The version shown in Australia showed a number of young backpacking tourists whose families were looking for them. Many of those shown in the Australian version were confirmed victims of serial killer Ivan Milat, who was arrested in 1994 not long after the Australian film clip was released.

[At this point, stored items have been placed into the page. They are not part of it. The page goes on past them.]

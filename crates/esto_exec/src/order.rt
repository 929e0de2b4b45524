//! Which get is joined next, and in which order of all it is planned to be. Nothing rests on it but speed, so nothing
//! here says what it gives.
ghost use Rattle.std.specs.Prelude.{map};
ghost use Rattle.esto_exec.specs.Runnable.{AreRunnable};

use crate::guesses::{fan_outs_of, rows_after, sizes_of};
use crate::slots::{Equation, Equations, Side, Slot, first_of, side_of};
use crate::turns::{Prepared, SoFar};
use esto_order::{
    Cell, Edge, Guesses, JoinGraph, Node, candidates, candidates_towards, cheapest_order,
};
use esto_steps::{Get, Links, Whole};
use esto_term::{List, OutOfMemory, Places, Values};
use std::alloc::Global;

/// How many gets there are at most where an order is planned: each that can come first may be tried as the first one.
const MOST_GETS: usize = 32;

/// How many edges there are at most where an order is planned: for each of them rows are looked at, both ways.
const MOST_EDGES: usize = 64;

/// How many rows some get gives by itself at least, about, where an order is planned. One with inputs is taken to give
/// one.
const LEAST_ROWS: usize = 1_024;

/// The cell of the slot, as an order of joins sees it.
fn cell_of(slot: &Slot) -> Cell {
    Cell {
        get: slot.get,
        column: slot.column,
    }
}

/// The edges from inputs of the get of the number to the cells that they name.
fn needs_of(
    alloc: Global,
    arities: &[usize],
    number: usize,
    links: &Links,
) -> Result<List<Edge>, OutOfMemory> {
    let mut needs = List::new(alloc);
    'links: for link in links.items() {
        if let Side::Held(slot) = side_of(arities, &link.source) {
            let one = Cell {
                get: number,
                column: link.column,
            };
            needs.push(Edge {
                one,
                other: cell_of(&slot),
            })?;
        }
    }
    Ok(needs)
}

/// Whether the get of the number has to hold a constant.
fn has_constant(equations: &Equations, number: usize) -> bool {
    'equations: for equation in equations.items() {
        if equation.slot.get == number {
            if let Side::Constant(_) = &equation.side {
                return true;
            }
        }
    }
    false
}

/// The get of the number, as an order of joins sees it.
fn node_of(alloc: Global, steps: &Prepared, get: &Get, number: usize) -> Result<Node, OutOfMemory> {
    let needs = needs_of(alloc, first_of(steps.arities, number), number, &get.inputs)?;
    Ok(Node {
        needs,
        has_inputs: !get.inputs.is_empty(),
        has_constant: has_constant(steps.equations, number),
    })
}

/// The gets, as an order of joins sees them.
fn nodes_of(alloc: Global, steps: &Prepared) -> Result<List<Node>, OutOfMemory> {
    let mut nodes = List::new(alloc);
    'gets: for (number, get) in steps.gets.items().iter().enumerate() {
        nodes.push(node_of(alloc, steps, get, number)?)?;
    }
    Ok(nodes)
}

/// Puts the edge of the equation at the end, if it is between cells of two gets.
fn push_edge(edges: &mut List<Edge>, equation: &Equation) -> Result<(), OutOfMemory> {
    let Side::Held(other) = &equation.side else {
        return Ok(());
    };
    if other.get == equation.slot.get {
        return Ok(());
    }
    edges.push(Edge {
        one: cell_of(&equation.slot),
        other: cell_of(other),
    })
}

/// The edges of the equations between cells of two gets.
fn edges_of(alloc: Global, equations: &Equations) -> Result<List<Edge>, OutOfMemory> {
    let mut edges = List::new(alloc);
    'equations: for equation in equations.items() {
        push_edge(&mut edges, equation)?;
    }
    Ok(edges)
}

/// The gets and what links them.
pub(crate) fn graph_of(alloc: Global, steps: &Prepared) -> Result<JoinGraph, OutOfMemory> {
    let nodes = nodes_of(alloc, steps)?;
    let edges = edges_of(alloc, steps.equations)?;
    Ok(JoinGraph { nodes, edges })
}

/// The one of the gets after which there are the fewest rows, as far as that is known.
fn fewest<F: Whole>(
    alloc: Global,
    steps: &Prepared,
    fragments: &[F],
    so_far: &SoFar,
    candidates: &Places,
) -> Result<Option<usize>, OutOfMemory>
    requires { AreRunnable (map F.shape fragments.now) steps.now.gets.now }
{
    let mut best: Option<usize> = None;
    let mut least = usize::MAX;
    'gets: for number in candidates.items() {
        let rows = rows_after(alloc, steps, fragments, *number, so_far)?;
        if best.is_none() || rows < least {
            best = Some(*number);
            least = rows;
        }
    }
    Ok(best)
}

/// The one of the gets to join next: the one after which there are the fewest rows, where there is a choice and a row.
fn best_of<F: Whole>(
    alloc: Global,
    steps: &Prepared,
    fragments: &[F],
    so_far: &SoFar,
    candidates: &Places,
) -> Result<Option<usize>, OutOfMemory>
    requires { AreRunnable (map F.shape fragments.now) steps.now.gets.now }
{
    if candidates.len() < 2 || so_far.rows.len() == 0 {
        return Ok(candidates.items().first().copied());
    }
    fewest(alloc, steps, fragments, so_far, candidates)
}

/// Whether one of the gets gives many rows by itself, where they give so many.
fn some_are_large(sizes: &Values<usize>) -> bool {
    sizes.items().iter().any(|size| *size >= LEAST_ROWS)
}

/// Of the orders of joins that are tried, the one in which the fewest rows are made, where the gets give as many rows by
/// themselves as the sizes say; an empty one where there are too many edges.
fn order_by<F: Whole>(
    alloc: Global,
    steps: &Prepared,
    fragments: &[F],
    graph: &JoinGraph,
    sizes: Values<usize>,
) -> Result<Places, OutOfMemory>
    requires { AreRunnable (map F.shape fragments.now) steps.now.gets.now }
{
    if graph.edges.len() > MOST_EDGES {
        return Ok(Values::new(alloc));
    }
    let fan_outs = fan_outs_of(alloc, steps, fragments, &sizes, &graph.edges)?;
    let guesses = Guesses { sizes, fan_outs };
    cheapest_order(alloc, graph, &guesses)
}

/// Of the orders of joins that are tried, the one in which the fewest rows are made, as far as guesses tell. It is empty
/// where there are fewer than three gets or more than `MOST_GETS`, more than `MOST_EDGES` edges, or no get that gives
/// `LEAST_ROWS` rows by itself.
pub(crate) fn planned_order<F: Whole>(
    alloc: Global,
    steps: &Prepared,
    fragments: &[F],
) -> Result<Places, OutOfMemory>
    requires { AreRunnable (map F.shape fragments.now) steps.now.gets.now }
{
    if steps.gets.len() < 3 || steps.gets.len() > MOST_GETS {
        return Ok(Values::new(alloc));
    }
    let sizes = sizes_of(alloc, steps, fragments)?;
    if !some_are_large(&sizes) {
        return Ok(Values::new(alloc));
    }
    let graph = graph_of(alloc, steps)?.with_shared(alloc, MOST_EDGES)?;
    order_by(alloc, steps, fragments, &graph, sizes)
}

/// The get that is joined next, of those whose inputs are known: the first one that is planned, where nothing is done;
/// else one that is linked to the gets that are done, if there is one, else one that leads on to the most others, or
/// any where all that are left can come. Of these it is the one after which there are the fewest rows.
pub(crate) fn next_get<F: Whole>(
    alloc: Global,
    steps: &Prepared,
    fragments: &[F],
    so_far: &SoFar,
) -> Result<Option<usize>, OutOfMemory>
    requires { AreRunnable (map F.shape fragments.now) steps.now.gets.now }
{
    if so_far.done.is_empty() && steps.first.is_some() {
        return Ok(steps.first);
    }
    let graph = graph_of(alloc, steps)?;
    let candidates = candidates(alloc, &graph, &so_far.done)?;
    best_of(alloc, steps, fragments, so_far, &candidates)
}

/// The get that is joined next on the way to those named: of those that can come, the one after which there are the
/// fewest rows.
pub(crate) fn next_towards<F: Whole>(
    alloc: Global,
    steps: &Prepared,
    fragments: &[F],
    named: &Places,
    so_far: &SoFar,
) -> Result<Option<usize>, OutOfMemory>
    requires { AreRunnable (map F.shape fragments.now) steps.now.gets.now }
{
    let graph = graph_of(alloc, steps)?;
    let candidates = candidates_towards(alloc, &graph, named, &so_far.done)?;
    best_of(alloc, steps, fragments, so_far, &candidates)
}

Also featured in the video, but still missing as of February 2021 were Christopher M. Kerze, Martha W. Dunn, Andrea D. Durham, Wilda M. Benoit, Byron E. Page, Kimberly S. Doss, Duane E. Fochtman, John F. Lango, Patrick S. Betz and Christina A. Wood.

==Awards==

Awards for "Runaway Train"
| Year | Nominee / work | Category |
|---|---|---|
| 1994 | "Runaway Train" | Grammy Award for Best Rock Song |

==Track listing==
US version #1

| No. | Title | Length |
|---|---|---|
| 1. | "Runaway Train" | 4:25 |
| 2. | "Black Gold – Live" | 3:56 |
| 3. | "Never Really Been – Live" | 3:12 |

==Charts==

===Weekly charts===

| Chart (1993–1994) | Peak position |
|---|---|
| Australia (ARIA) | 11 |
| Austria (Ö3 Austria Top 40) | 3 |
| Belgium (Ultratop 50 Flanders) | 8 |
| Canada Top Singles (RPM) | 1 |
| Canada Adult Contemporary (RPM) | 9 |
| Denmark (IFPI) | 4 |
| Europe (Eurochart Hot 100) | 5 |
| Europe (European Hit Radio) | 10 |
| Finland (Suomen virallinen lista) | 11 |
| France (SNEP) | 16 |
| Germany (GfK) | 4 |
| Iceland (Íslenski Listinn Topp 40) | 6 |
| Ireland (IRMA) | 6 |
| Israel (Israeli Singles Chart) | 7 |
| Lithuania (M-1) | 1 |
| Netherlands (Dutch Top 40) | 3 |
| Netherlands (Single Top 100) | 3 |
| New Zealand (Recorded Music NZ) | 2 |
| Norway (VG-lista) | 2 |
| Sweden (Sverigetopplistan) | 2 |
| Switzerland (Schweizer Hitparade) | 2 |
| UK Singles (Official Charts) | 7 |
| UK Airplay (Music Week) | 8 |
| US Billboard Hot 100 | 5 |
| US Adult Contemporary (Billboard) | 15 |
| US Alternative Airplay (Billboard) | 13 |
| US Mainstream Rock (Billboard) | 3 |
| US Pop Airplay (Billboard) | 2 |
| US Cash Box Top 100 | 4 |

| Chart (2019–2020) | Peak position |
|---|---|
| Finland Airplay (Radiosoittolista) | 63 |
| Poland Airplay (ZPAV) | 75 |
| Slovenia (SloTop50) | 49 |

===Year-end charts===

| Chart (1993) | Position |
|---|---|
| Australia (ARIA) | 45 |
| Austria (Ö3 Austria Top 40) | 11 |
| Belgium (Ultratop 50 Flanders) | 49 |
| Canada Top Singles (RPM) | 8 |
| Canada Adult Contemporary (RPM) | 61 |
| Europe (Eurochart Hot 100) | 20 |
| Europe (European Hit Radio) | 23 |
| Germany (Media Control) | 18 |
| Iceland (Íslenski Listinn Topp 40) | 41 |
| Netherlands (Dutch Top 40) | 30 |
| Netherlands (Single Top 100) | 29 |
| New Zealand (RIANZ) | 23 |
| Sweden (Topplistan) | 4 |
| Switzerland (Schweizer Hitparade) | 19 |
| UK Singles (OCC) | 56 |
| UK Airplay (Music Week) | 43 |
| US Billboard Hot 100 | 22 |
| US Album Rock Tracks (Billboard) | 11 |
| US Cash Box Top 100 | 32 |

==Certifications==

| Region | Certification | Certified units/sales |
| Australia (ARIA) | Gold | 35,000^{^} |
| Austria (IFPI Austria) | Gold | 25,000^{*} |
| Canada (Music Canada) | 2× Platinum | 160,000^{‡} |
| Germany (BVMI) | Gold | 250,000^{^} |
| New Zealand (RMNZ) | Platinum | 30,000^{‡} |
| Sweden (GLF) | Gold | 25,000^{^} |
| United Kingdom (BPI) | Silver | 200,000^{‡} |
| United States (RIAA) | 2× Platinum | 2,000,000 |
^{*} Sales figures based on certification alone. ^{^} Shipments figures based on certification alone. ^{‡} Sales+streaming figures based on certification alone.

==Release history==

| Region | Date | Format(s) | Label(s) | Ref. |
| United States | May 1993 | Radio | Columbia |  |
| United Kingdom | June 1, 1993 | 12-inch vinyl; CD; cassette; |  |
| United States | CD; cassette; |  |
| Australia | June 28, 1993 |  |
| Japan | March 10, 1994 | CD | Sony |  |

==Cover versions==
"Runaway Train" was covered by Brent Smith and Zach Myers of American hard rock band Shinedown on their 2014 (Acoustic Sessions) EP and English rockband, Smokie. It was also covered by the British pop band Busted on their 2004 double A-side "Thunderbirds" / "3AM". In 2019, National Center for Missing & Exploited Children invited Jamie N Commons, Skylar Grey and Gallant to cover the song for "Runaway Train 25" campaign. KIDinaKORNER/Interscope donate a portion of the proceeds from domestic digital downloads and streams of the recording to NCMEC for the first year.